Is there any disadvantage of using sequence-length, sequence-ref, sequence-map etc rather than different functions for lists (length list-ref etc), strings (string-length, string-ref etc), vectors etc in Racket?
1 Answers
Performance.
Consider this tiny benchmark:
#lang racket/base
(require racket/sequence)
(define len 10000)
(define vec (make-vector len))
(collect-garbage)
(collect-garbage)
(collect-garbage)
(time (void (for/list ([i (in-range len)])
(vector-ref vec i))))
(collect-garbage)
(collect-garbage)
(collect-garbage)
(time (void (for/list ([i (in-range len)])
(sequence-ref vec i))))
This is the output on my machine:
; vectors (vector-ref vs sequence-ref)
cpu time: 1 real time: 1 gc time: 0
cpu time: 2082 real time: 2081 gc time: 0
Yes, that’s a difference of 3 orders of magnitude.
Why? Well, racket/sequence
is not a terribly “smart” API, and even though vectors are random access, sequence-ref
is not. Combined with the ability of the Racket optimizer to heavily optimize primitive operations, the sequence API is a pretty poor interface.
Of course, this is a little unfair, because vectors are random access while things like lists are not. However, performing the exact same test as the one above but using lists instead of vectors still yields a pretty grim result:
; lists (list-ref vs sequence-ref)
cpu time: 113 real time: 113 gc time: 0
cpu time: 1733 real time: 1732 gc time: 0
The sequence API is slow, mostly because of a high level of indirection.
Now, performance alone is not a reason to reject an API outright, since there are concrete advantages to working at a higher level of abstraction. That said, I think the sequence API is not a good abstraction, because it:
…is needlessly stateful in its implementation, which puts an unnecessary burden on implementors of the interface.
…does not accommodate things that do not resemble lists, such as random-access vectors or hash tables.

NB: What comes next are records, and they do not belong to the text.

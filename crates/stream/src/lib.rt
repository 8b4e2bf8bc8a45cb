// One stream's two counters, and what a taken entry makes of them: the next number steps, and a mark raises the open epoch.
// By value first; then where the caller holds them; then over plain numbers: docs/DECISIONS.md, "Forms", has these three.
// It stands on `model`, whose `stepped` is the contract of all three.
#![tactic(auto)]

ghost use Rattle.std.specs.Prelude.{◌≡◌, ◌≤◌, true};
ghost use Rattle.model.specs.Entry.{LAST_MARK};
ghost use Rattle.model.specs.Taking.{stepped};

use model::Counters;

// `mark` is a Bool in the model's `stepped` and its theorems, and so it is here.

// The counters after a taken entry. A mark that is taken carries the open epoch, so that is one that a mark can carry.
#[tactic(auto, unfolding(model::specs::Taking::stepped))]
pub fn stepped(c: Counters, mark: bool) -> Counters
    requires { mark ≡ true → c.epoch ≤ LAST_MARK }
    ensures { result ≡ stepped c mark }
{
    Counters {
        next: c.next.wrapping_add(1),
        epoch: if mark { c.epoch + 1 } else { c.epoch },
    }
}

// The same, where the caller holds them.
pub fn step_in_place(c: &mut Counters, mark: bool)
    requires { mark ≡ true → c.old.epoch ≤ LAST_MARK }
    ensures { c.new ≡ stepped c.old mark }
{
    *c = stepped(*c, mark);
}

// The same, of two numbers.
pub fn step_counters(next: u16, epoch: u32, mark: bool) -> Counters
    requires { mark ≡ true → epoch ≤ LAST_MARK }
    ensures { result ≡ stepped (record { next = next; epoch = epoch }) mark }
{
    let mut c = Counters { next, epoch };
    step_in_place(&mut c, mark);
    c
}
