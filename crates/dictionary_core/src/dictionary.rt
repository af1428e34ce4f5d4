// Dictionaries.
ghost use Rattle.std.specs.Prelude.{◌≡◌, ◌<◌, ◌≤◌, ◌↔◌, ◌++◌, [], ◌∷◌, length, take, slice_index_or, IfOk, IfErr, OnOk, OnErr, MatchOption, ◌+◌, Some, None};
ghost use Rattle.std.specs.Borrow.{sem};
ghost use Rattle.forth_reader.specs.Name.{IsName};
ghost use Rattle.dictionary_core.specs.Buckets.{bucket, has_bucket, is_same_name, last_in, last_place, number_of_names};

use crate::bucket::bucket_of;
use crate::chain::{Entry, place_in_chain};
use forth_reader::Names;
use std::alloc::{AllocError, Global};
use std::marker::Model;

/// What a dictionary can be cut back to: its length in pairs.
#[derive(Clone, Copy, Debug, PartialEq, Eq)]
pub struct Mark(u32);

/// Why a pair is not added.
#[derive(Clone, Copy, Debug, PartialEq, Eq)]
pub enum AddRefusal {
    /// There are 512 pairs.
    Full,
    /// There was no memory.
    OutOfMemory,
}

/// At most 512 pairs of a name and a value, oldest first. Contracts see the list of the pairs, and the looks: how often the
/// name of a pair was compared.
#[derive(Drop)]
pub struct Dictionary<V> {
    names: Names,
    entries: Vec<Entry<V>>,
    heads: [Option<u32>; 64],
}

impl<V> Model for Dictionary<V> {
    ghost use Rattle.dictionary_core.specs.Pairs.{DictionaryState};
    ghost use Rattle.dictionary_core.specs.Chains.{IsChained, pairs_in};

    ghost Value = { DictionaryState V };

    ghost view = { λ d. record { pairs = pairs_in d.names.names d.entries.items; looks = d.names.looks } };

    ghost invariant = { λ d. IsChained d.names.names d.entries.items d.heads };
}

impl<V: Drop> Dictionary<V> {
    ghost use Rattle.dictionary_core.specs.Pairs.{names_of, newest_value, pair};
    ghost use Rattle.dictionary_core.specs.Lends.{keeps_pairs};

    /// No pairs, and no looks. The dictionary keeps the allocator.
    pub fn new(alloc: Global) -> Result<Dictionary<V>, AllocError>
        ensures { IfOk result (λ d. d ≡ record { pairs = []; looks = 0 }) }
    {
        let names = Names::new(alloc)?;
        Ok(Dictionary {
            names,
            entries: Vec::new(alloc),
            heads: [None; 64],
        })
    }

    /// What the pairs can be cut back to.
    pub fn mark(&self) -> Mark
        ensures value { result.0 ≡ length self.now.pairs }
        ensures few { length self.now.pairs ≤ 512 }
    {
        Mark(self.entries.len() as u32)
    }

    /// The number of pairs.
    pub fn len(&self) -> usize
        ensures value { result ≡ length self.now.pairs }
        ensures few { length self.now.pairs ≤ 512 }
    {
        self.entries.len()
    }

    /// How often the name of a pair was compared.
    pub fn looks(&self) -> u64
        ensures { result ≡ self.now.looks }
    {
        self.names.looks()
    }

    /// The place of the last pair whose name has this bucket.
    pub fn head(&self, of: u8) -> Option<u32>
        requires { of < 64 }
        ensures { result ≡ last_in of (names_of self.now.pairs) }
    {
        self.heads[of as usize]
    }

    /// The place of the last pair before this one whose name has the same bucket.
    pub fn older(&self, place: u32) -> Option<u32>
        requires { place < length self.now.pairs }
        ensures { result ≡ last_in (bucket (slice_index_or (names_of self.now.pairs) place [])) (take place (names_of self.now.pairs)) }
    {
        self.entries[place as usize].older
    }

    /// Puts a pair at the end, and gives its place. Full comes exactly where there are 512 pairs. A refusal changes nothing and
    /// hands the value back.
    pub fn add(&mut self, name: &str, value: V) -> Result<u32, (AddRefusal, V)>
        requires { IsName name.now }
        ensures ok { IfOk result (λ place. (place ≡ length self.old.pairs) × (self.new ≡ record self.old { pairs = self.old.pairs ++ pair name.now value ∷ [] })) }
        ensures room { OnOk result (length self.old.pairs < 512) }
        ensures full { IfErr result (λ e. (e.0 ≡ AddRefusal.Full) ↔ (length self.old.pairs ≡ 512)) }
        ensures handed_back { IfErr result (λ e. e.1 ≡ value) }
        ensures err { OnErr result (self.new ≡ self.old) }
    {
        let place = self.entries.len() as u32;
        if place >= 512 {
            return Err((AddRefusal::Full, value));
        }
        match self.names.push(name) {
            Ok(()) => {}
            Err(_) => return Err((AddRefusal::OutOfMemory, value)),
        }
        let bucket = bucket_of(name);
        let older = self.heads[bucket as usize];
        match self.entries.push(Entry {
            bucket,
            older,
            value,
        }) {
            Ok(()) => {
                self.heads[bucket as usize] = Some(place);
                Ok(place)
            }
            Err(refused) => {
                self.names.cut(place);
                Err((AddRefusal::OutOfMemory, refused.value.value))
            }
        }
    }

    /// Cuts the pairs back to what they were at a mark.
    pub fn forget_to(&mut self, mark: Mark)
        requires { mark.0 ≤ length self.old.pairs }
        ensures { self.new ≡ record self.old { pairs = take mark.0 self.old.pairs } }
    {
        while self.entries.len() > mark.0 as usize {
            let Some(entry) = self.entries.pop() else {
                unreachable!()
            };
            self.heads[entry.bucket as usize] = entry.older;
        }
        self.names.cut(mark.0);
    }

    /// The place and the value of the last pair of a name, letters without case. None comes exactly where there is none. The
    /// pairs stay. The looks never fall, and rise by at most the number of names that have the bucket of the name.
    pub fn find(&mut self, name: &str) -> Option<(u32, &V)>
        ensures* keeps { sem 𝓛 (keeps_pairs V.row self.entry (number_of_names (has_bucket (bucket name.now)) (names_of self.old.pairs))) }
        ensures found { MatchOption result
            (last_place (is_same_name name.now) (names_of self.old.pairs) ≡ None)
            (λ found. (last_place (is_same_name name.now) (names_of self.old.pairs) ≡ Some found.0) × (newest_value self.old.pairs name.now ≡ Some found.1.now)) }
    {
        let head = self.heads[bucket_of(name) as usize];
        let place = place_in_chain(&mut self.names, self.entries.as_slice(), head, name)?;
        Some((place, &self.entries[place as usize].value))
    }
}

impl<V: Copy + Drop> Dictionary<V> {
    ghost use Rattle.dictionary_core.specs.Pairs.{names_of, newest_value};

    /// A copy of the value of the last pair of a name, as `find` finds it.
    pub fn look_up(&mut self, name: &str) -> Option<V>
        ensures value { result ≡ newest_value self.old.pairs name.now }
        ensures pairs { self.new.pairs ≡ self.old.pairs }
        ensures risen { self.old.looks ≤ self.new.looks }
        ensures looks { self.new.looks ≤ self.old.looks + number_of_names (has_bucket (bucket name.now)) (names_of self.old.pairs) }
    {
        let head = self.heads[bucket_of(name) as usize];
        let place = place_in_chain(&mut self.names, self.entries.as_slice(), head, name)?;
        Some(self.entries[place as usize].value)
    }
}
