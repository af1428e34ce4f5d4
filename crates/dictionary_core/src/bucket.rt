// Buckets of names.
ghost use Rattle.std.specs.Prelude.{◌≡◌, ◌<◌, ◌+◌, ◌%◌};
ghost use Rattle.forth_reader.specs.Number.{raised_letter};
ghost use Rattle.dictionary_core.specs.Buckets.{bucket};

// A letter in upper case.
fn raised(byte: u8) -> u8
    ensures { result ≡ raised_letter byte }
{
    if byte >= b'a' && byte <= b'z' {
        byte - 32
    } else {
        byte
    }
}

/// The bucket of a name: the sum of its bytes with letters raised, modulo 64.
pub fn bucket_of(name: &str) -> u8
    ensures value { result ≡ bucket name.now }
    ensures small { result < 64 }
{
    let mut sum: u8 = 0;
    let mut rest = name.as_bytes();
    while let Some((byte, tail)) = rest.split_first() {
        sum = ((u32::from(sum) + u32::from(raised(*byte))) % 64) as u8;
        rest = tail;
    }
    sum
}
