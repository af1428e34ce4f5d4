// Entries that are linked bucket by bucket, and the walk along a chain.
ghost use Rattle.std.specs.Prelude.{◌≡◌, ℕ, ◌+◌, ◌≤◌, length, slice_get, Some};
ghost use Rattle.dictionary_core.specs.declared.chain.Entry.{Entry as EntryOf};
ghost use Rattle.dictionary_core.specs.Buckets.{bucket, has_bucket, is_same_name, last_in, last_place, number_of_names};
ghost use Rattle.dictionary_core.specs.Chains.{IsEntry};

use forth_reader::Names;

/// The value of a name, the bucket of the name, and the place of the next older name of that bucket.
#[derive(Drop)]
pub(crate) struct Entry<V> {
    pub(crate) bucket: u8,
    pub(crate) older: Option<u32>,
    pub(crate) value: V,
}

/// The place of the last of the names that is this one, along the chain of its bucket.
pub(crate) fn place_in_chain<V>(
    names: &mut Names,
    entries: &[Entry<V>],
    head: Option<u32>,
    name: &str,
) -> Option<u32>
    requires as_many { length entries.now ≡ length names.old.names }
    requires few { length entries.now ≤ 512 }
    requires linked { (place : ℕ) (entry : EntryOf V) → slice_get entries.now place ≡ Some entry → IsEntry names.old.names place entry }
    requires head { head ≡ last_in (bucket name.now) names.old.names }
    ensures place { result ≡ last_place (is_same_name name.now) names.old.names }
    ensures names { names.new.names ≡ names.old.names }
    ensures risen { names.old.looks ≤ names.new.looks }
    ensures looks { names.new.looks ≤ names.old.looks + number_of_names (has_bucket (bucket name.now)) names.old.names }
{
    let mut at = head;
    while let Some(place) = at {
        if names.same(place, name) {
            return Some(place);
        }
        at = entries[place as usize].older;
    }
    None
}
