//! Names and what they stand for, the newest first found.
//!
//! A dictionary is a list of pairs of a name and a value, oldest first. A name may stand in it more than once, and the last
//! pair is found. The pairs stand in one vector; each is linked to the next older one of its bucket.
#![tactic(auto)]

mod bucket;
mod chain;
mod dictionary;

pub use bucket::bucket_of;
pub use dictionary::{AddRefusal, Dictionary, Mark};
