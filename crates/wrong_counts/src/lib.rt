// A box that invents a usage count.
// It has no function.
#![tactic(auto)]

If you want to work with a higher level API, one possible option is to use the collections
package, which attempts to provide an API similar to racket/sequence
, but accommodating more kinds of data structures and also having a more complete set of functions. Disclaimer: I am the author of the collections
package.
Given the above benchmark once more, the performance is still worse than using the underlying functions directly, but it’s at least a bit more manageable:
; vectors (vector-ref vs ref)
cpu time: 2 real time: 1 gc time: 0
cpu time: 97 real time: 98 gc time: 10
; lists (list-ref vs ref)
cpu time: 104 real time: 103 gc time: 0
cpu time: 481 real time: 482 gc time: 0
Whether or not you can afford the overhead depends on what exactly you’re doing, and it’s up to you to make the call for yourself. The specialized operations will always be at least somewhat faster than the ones that defer to them as long as some sort of dynamic dispatch is being performed. As always, remember the rule of performance optimization: don’t guess, measure.